Student from middle class and lower-middle-class families were not able to afford the costs of education and other costs arising from the needs to live in the cities like Mumbai, Pune etc. Higher education was rather like a dream for students from poor families. So to make the higher education facilities accessible to children of farmers, agricultural laborers, workers; the dignitaries and business people like Manikrao Sonavane (elder brother of Keshavrao Sonawane), Chandrashekhar Bajpai, Ramgopalji Rathi and Keshavraoji Sonawane established Dayanand Education Society in May 1961.

Manikraoji Sonavane, elder brother of Keshavrao and chairman of market committee, convinced the farmers of Latur to contribute to this cause. Shri Keshavraoji Sonavane, Co-Operative Minister of the Maharashtra state, contributed to this cause by completing all required formal government procedures.

=== Terna Sugar Factory ===
This is the first co-operative sugar factory in Osmanabad and Latur District. Formerly Latur was in Osmanabad District. Keshavraoji Sonavane brought this Sugar factory for Osmanabad and Latur District's farmers. It was beginning of the co-operative movement in the sugar industry started by keshavraoji Sonavane. Terna sugar factory was registered in 1965 with production capacity of 1250 Tons of Cane per Day. Currently terna has 3500 Tons of Cane per Day capacity.factory covers area of 3 talukas i.e. Osmanabad, Kallamb and Latur. This factory covers nearly 171 villages by area of operation.

===Latur District Central Cooperative Bank Ltd.

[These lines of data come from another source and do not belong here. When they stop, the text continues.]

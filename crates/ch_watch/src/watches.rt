ghost use Rattle.std.specs.Prelude.{◌≡◌, ◌<◌, [], length, not, IfOk, OnOk, OnErr, IsTrue, Ok, Some, false, slice_get};
ghost use Rattle.ch_history.specs.SignIns.{user_socket, of_user, has_one_of, users_of, has_any};
ghost use Rattle.ch_watch.specs.Watches.{added, holders_of, without};

use crate::user_rows::UserRows;
use ch_base::{Memory, Text};
use ch_index::{Holder, Holders};
use std::alloc::Global;
use std::marker::Model;

/// The sign-ins and the watches that last.
#[derive(Drop)]
pub struct Watches {
    signs: UserRows,
    watches: UserRows,
}

impl Model for Watches {
    ghost use Rattle.ch_watch.specs.Watches.{SignsAndWatches};

    ghost Value = { SignsAndWatches };

    ghost view = { λ w. record { signs = w.signs; watches = w.watches } };
}

impl Watches {
    /// No sign-ins and no watches. It takes no memory.
    pub fn new(alloc: Global) -> Watches
        ensures signs { result.signs ≡ [] }
        ensures watches { result.watches ≡ [] }
    {
        Watches {
            signs: UserRows::new(alloc),
            watches: UserRows::new(alloc),
        }
    }

    /// Signs the socket in as the user for its owner, and answers whether it wasn't before.
    ///
    /// A socket that is signed in as the user stays so with its first owner, and takes no memory.
    /// Nothing changes after want of memory.
    pub fn sign_in(&mut self, socket: u64, user: &Text, owner: u64) -> Result<bool, Memory>
        ensures answer { IfOk result (λ new. new ≡ not (has_one_of self.old.signs socket user.now)) }
        ensures ok { OnOk result (self.new.signs ≡ added self.old.signs (user_socket owner socket user.now)) }
        ensures err { OnErr result (self.new.signs ≡ self.old.signs) }
        ensures watches { self.new.watches ≡ self.old.watches }
        ensures already { IsTrue (has_one_of self.old.signs socket user.now) → result ≡ Ok false }
    {
        self.signs.add(socket, user, owner)
    }

    /// Lets the socket watch the user for its owner, and answers whether it didn't before.
    ///
    /// A socket that watches the user does so on with its first owner, and takes no memory. Nothing
    /// changes after want of memory.
    pub fn watch(&mut self, socket: u64, watched: &Text, owner: u64) -> Result<bool, Memory>
        ensures answer { IfOk result (λ new. new ≡ not (has_one_of self.old.watches socket watched.now)) }
        ensures ok { OnOk result (self.new.watches ≡ added self.old.watches (user_socket owner socket watched.now)) }
        ensures err { OnErr result (self.new.watches ≡ self.old.watches) }
        ensures signs { self.new.signs ≡ self.old.signs }
        ensures already { IsTrue (has_one_of self.old.watches socket watched.now) → result ≡ Ok false }
    {
        self.watches.add(socket, watched, owner)
    }

    /// Ends the watches and the sign-ins of the socket, and answers how many sign-ins and how many
    /// watches there were. It takes no memory.
    pub fn lost(&mut self, socket: u64) -> (u64, u64)
        ensures signed { result.0 ≡ length (users_of self.old.signs socket) }
        ensures watched { result.1 ≡ length (users_of self.old.watches socket) }
        ensures signs { self.new.signs ≡ without self.old.signs socket }
        ensures watches { self.new.watches ≡ without self.old.watches socket }
    {
        let watches = self.watches.end_all(socket);
        let signs = self.signs.end_all(socket);
        (signs, watches)
    }

    /// Whether the socket is signed in as the user.
    pub fn is_signed_in(&self, socket: u64, user: &Text) -> bool
        ensures { result ≡ has_one_of self.now.signs socket user.now }
    {
        self.signs.is_of(socket, user)
    }

    /// Whether the socket watches the user.
    pub fn is_watching(&self, socket: u64, user: &Text) -> bool
        ensures { result ≡ has_one_of self.now.watches socket user.now }
    {
        self.watches.is_of(socket, user)
    }

    /// Whether a socket is signed in as the user.
    pub fn is_online(&self, user: &Text) -> bool
        ensures { result ≡ has_any self.now.signs user.now }
    {
        self.signs.has_any(user)
    }

    /// Whether a socket other than this one is signed in as the user.
    pub fn has_other(&self, socket: u64, user: &Text) -> bool
        ensures { result ≡ has_any (without self.now.signs socket) user.now }
    {
        self.signs.has_other(socket, user)
    }

    /// How many sockets are signed in as the user.
    pub fn sockets(&self, user: &Text) -> u64
        ensures { result ≡ length (of_user self.now.signs user.now) }
    {
        self.signs.count(user)
    }

    /// The socket with this place among those that are signed in as the user, in the order of the
    /// calls, counted from 0.
    pub fn socket(&self, user: &Text, i: u64) -> Holder
        requires { i < length (of_user self.now.signs user.now) }
        ensures { slice_get (of_user self.now.signs user.now) i ≡ Some (user_socket result.owner result.socket user.now) }
    {
        self.signs.holder(user, i)
    }

    /// The sockets that are signed in as the user, each with its owner, in the order of the calls.
    pub fn signed_in(&self, user: &Text) -> Holders<'_>
        ensures { result ≡ holders_of self.now.signs user.now }
    {
        self.signs.holders(user)
    }

    /// How many sockets watch the user.
    pub fn watchers(&self, user: &Text) -> u64
        ensures { result ≡ length (of_user self.now.watches user.now) }
    {
        self.watches.count(user)
    }

    /// The socket with this place among those that watch the user, in the order of the calls, counted
    /// from 0.
    pub fn watcher(&self, user: &Text, i: u64) -> Holder
        requires { i < length (of_user self.now.watches user.now) }
        ensures { slice_get (of_user self.now.watches user.now) i ≡ Some (user_socket result.owner result.socket user.now) }
    {
        self.watches.holder(user, i)
    }

    /// The sockets that watch the user, each with its owner, in the order of the calls.
    pub fn watching(&self, user: &Text) -> Holders<'_>
        ensures { result ≡ holders_of self.now.watches user.now }
    {
        self.watches.holders(user)
    }

    /// As how many users the socket is signed in.
    pub fn users_of(&self, socket: u64) -> u64
        ensures { result ≡ length (users_of self.now.signs socket) }
    {
        self.signs.users_of(socket)
    }

    /// The user with this place among those as which the socket is signed in, in the order of the ids'
    /// bytes, counted from 0.
    pub fn user_of(&self, socket: u64, i: u64) -> &Text
        requires { i < length (users_of self.now.signs socket) }
        ensures { slice_get (users_of self.now.signs socket) i ≡ Some result.now }
    {
        self.signs.user_of(socket, i)
    }

    /// How many sign-ins last.
    pub fn open_signs(&self) -> u64
        ensures { result ≡ length self.now.signs }
    {
        self.signs.len()
    }
}
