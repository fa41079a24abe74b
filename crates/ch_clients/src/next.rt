use crate::answer::WorkerTurn;

/// What one turn of several came to, and the place of the next one in their list.
#[derive(Clone, Copy, Debug, PartialEq, Eq)]
pub(crate) struct Next {
    pub part: WorkerTurn,
    pub place: usize,
}
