ghost use Rattle.std.specs.Prelude.{◌≡◌, ◌<◌, [], length, not, IfOk, OnOk, OnErr, IsTrue, Ok, Some, false, slice_get};
ghost use Rattle.ch_history.specs.SignIns.{user_socket, of_user, has_one_of, users_of, has_any};
ghost use Rattle.ch_watch.specs.Watches.{added, holders_of, without};

use crate::rows;
use ch_base::{Memory, Text};
use ch_history::UserSocket;
use ch_index::{Holder, Holders, Index};
use std::alloc::Global;
use std::marker::Model;

/// The sockets of users, found by their user and by their socket.
#[derive(Drop)]
pub struct UserRows {
    alloc: Global,
    index: Index<UserSocket>,
}

impl Model for UserRows {
    ghost use Rattle.std.specs.Prelude.{List};
    ghost use Rattle.ch_history.specs.declared.rows.UserSocket.{UserSocket};

    ghost Value = { List UserSocket };

    ghost view = { λ s. s.index };
}

impl UserRows {
    /// No rows. It takes no memory.
    pub fn new(alloc: Global) -> UserRows
        ensures { result ≡ [] }
    {
        UserRows {
            alloc,
            index: Index::new(alloc),
        }
    }

    /// Adds the socket with its owner to those of the user, and answers whether it is new there. One
    /// that is there stays as it was, and takes no memory. Nothing changes after want of memory.
    pub fn add(&mut self, socket: u64, user: &Text, owner: u64) -> Result<bool, Memory>
        ensures answer { IfOk result (λ new. new ≡ not (has_one_of self.old socket user.now)) }
        ensures ok { OnOk result (self.new ≡ added self.old (user_socket owner socket user.now)) }
        ensures err { OnErr result (self.new ≡ self.old) }
        ensures already { IsTrue (has_one_of self.old socket user.now) → result ≡ Ok false }
    {
        if rows::is_of(&self.index, socket, user) {
            return Ok(false);
        }
        let row = rows::row(self.alloc, socket, user, owner)?;
        self.index.add(row)?;
        Ok(true)
    }

    /// Ends all rows of the socket, and answers how many there were.
    pub fn end_all(&mut self, socket: u64) -> u64
        ensures answer { result ≡ length (users_of self.old socket) }
        ensures rows { self.new ≡ without self.old socket }
    {
        self.index.lost(socket)
    }

    /// Whether the socket is one of the user's.
    pub fn is_of(&self, socket: u64, user: &Text) -> bool
        ensures { result ≡ has_one_of self.now socket user.now }
    {
        rows::is_of(&self.index, socket, user)
    }

    /// Whether the user has a socket.
    pub fn has_any(&self, user: &Text) -> bool
        ensures { result ≡ has_any self.now user.now }
    {
        rows::has_any(&self.index, user)
    }

    /// Whether another socket is one of the user's.
    pub fn has_other(&self, socket: u64, user: &Text) -> bool
        ensures { result ≡ has_any (without self.now socket) user.now }
    {
        rows::has_other(&self.index, socket, user)
    }

    /// How many sockets the user has.
    pub fn count(&self, user: &Text) -> u64
        ensures { result ≡ length (of_user self.now user.now) }
    {
        self.index.count(user)
    }

    /// The user's socket with this place in the order of the calls, counted from 0.
    pub fn holder(&self, user: &Text, i: u64) -> Holder
        requires { i < length (of_user self.now user.now) }
        ensures { slice_get (of_user self.now user.now) i ≡ Some (user_socket result.owner result.socket user.now) }
    {
        match self.index.nth(user, i) {
            Some(row) => Holder {
                socket: row.socket,
                owner: row.owner,
            },
            None => unreachable!(),
        }
    }

    /// The user's sockets, each with its owner, in the order of the calls.
    pub fn holders(&self, user: &Text) -> Holders<'_>
        ensures { result ≡ holders_of self.now user.now }
    {
        self.index.marks(user)
    }

    /// How many users the socket has.
    pub fn users_of(&self, socket: u64) -> u64
        ensures { result ≡ length (users_of self.now socket) }
    {
        self.index.names(socket)
    }

    /// The socket's user with this place in the order of the ids' bytes, counted from 0.
    pub fn user_of(&self, socket: u64, i: u64) -> &Text
        requires { i < length (users_of self.now socket) }
        ensures { slice_get (users_of self.now socket) i ≡ Some result.now }
    {
        match self.index.name(socket, i) {
            Some(user) => user,
            None => unreachable!(),
        }
    }

    /// How many rows there are.
    pub fn len(&self) -> u64
        ensures { result ≡ length self.now }
    {
        self.index.len()
    }
}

Latur ===
Keshavraoji Sonavane was instrumental in the setup of Latur District Central Cooperative Bank. Latur DCC bank was developed during Keshavraoji's tenure in the government as Co-operative minister. Co-operative bank forms an integral part of banking system in India. As this bank operates mainly for the benefit of rural area, particularly the agricultural sector and Cooperative Banks in general and District Central Cooperative Banks in particular have to play major role in the upliftment of Economy. By creating Latur DCC bank Keshavrao made a very positive impact on agricultural sector and especially on the farmers of Latur and Osmanabad District.

=== District Bar Association, Latur ===
Keshavrao Sonavane was a life member of District Bar Association, Latur. Vilasrao Deshmukh and Shivraj Patil were also life members of District Bar Association, Latur. Keshavrao Sonawane was President of Latur Bar Association for year 1960.

== In literature ==
He was mentioned in books Uchalya (The Branded) by Laxman Gaikwad (1987), Yeravaḍā vidyāpīṭhātīla divasa by Kumāra Saptarshī and Māndiyāḷī by Ananta Bhālerāva (1994). Uchalya novel is an autobiographical account of the life of a stereotyped underdog but of a representative of a section of society thriving on petty crimes.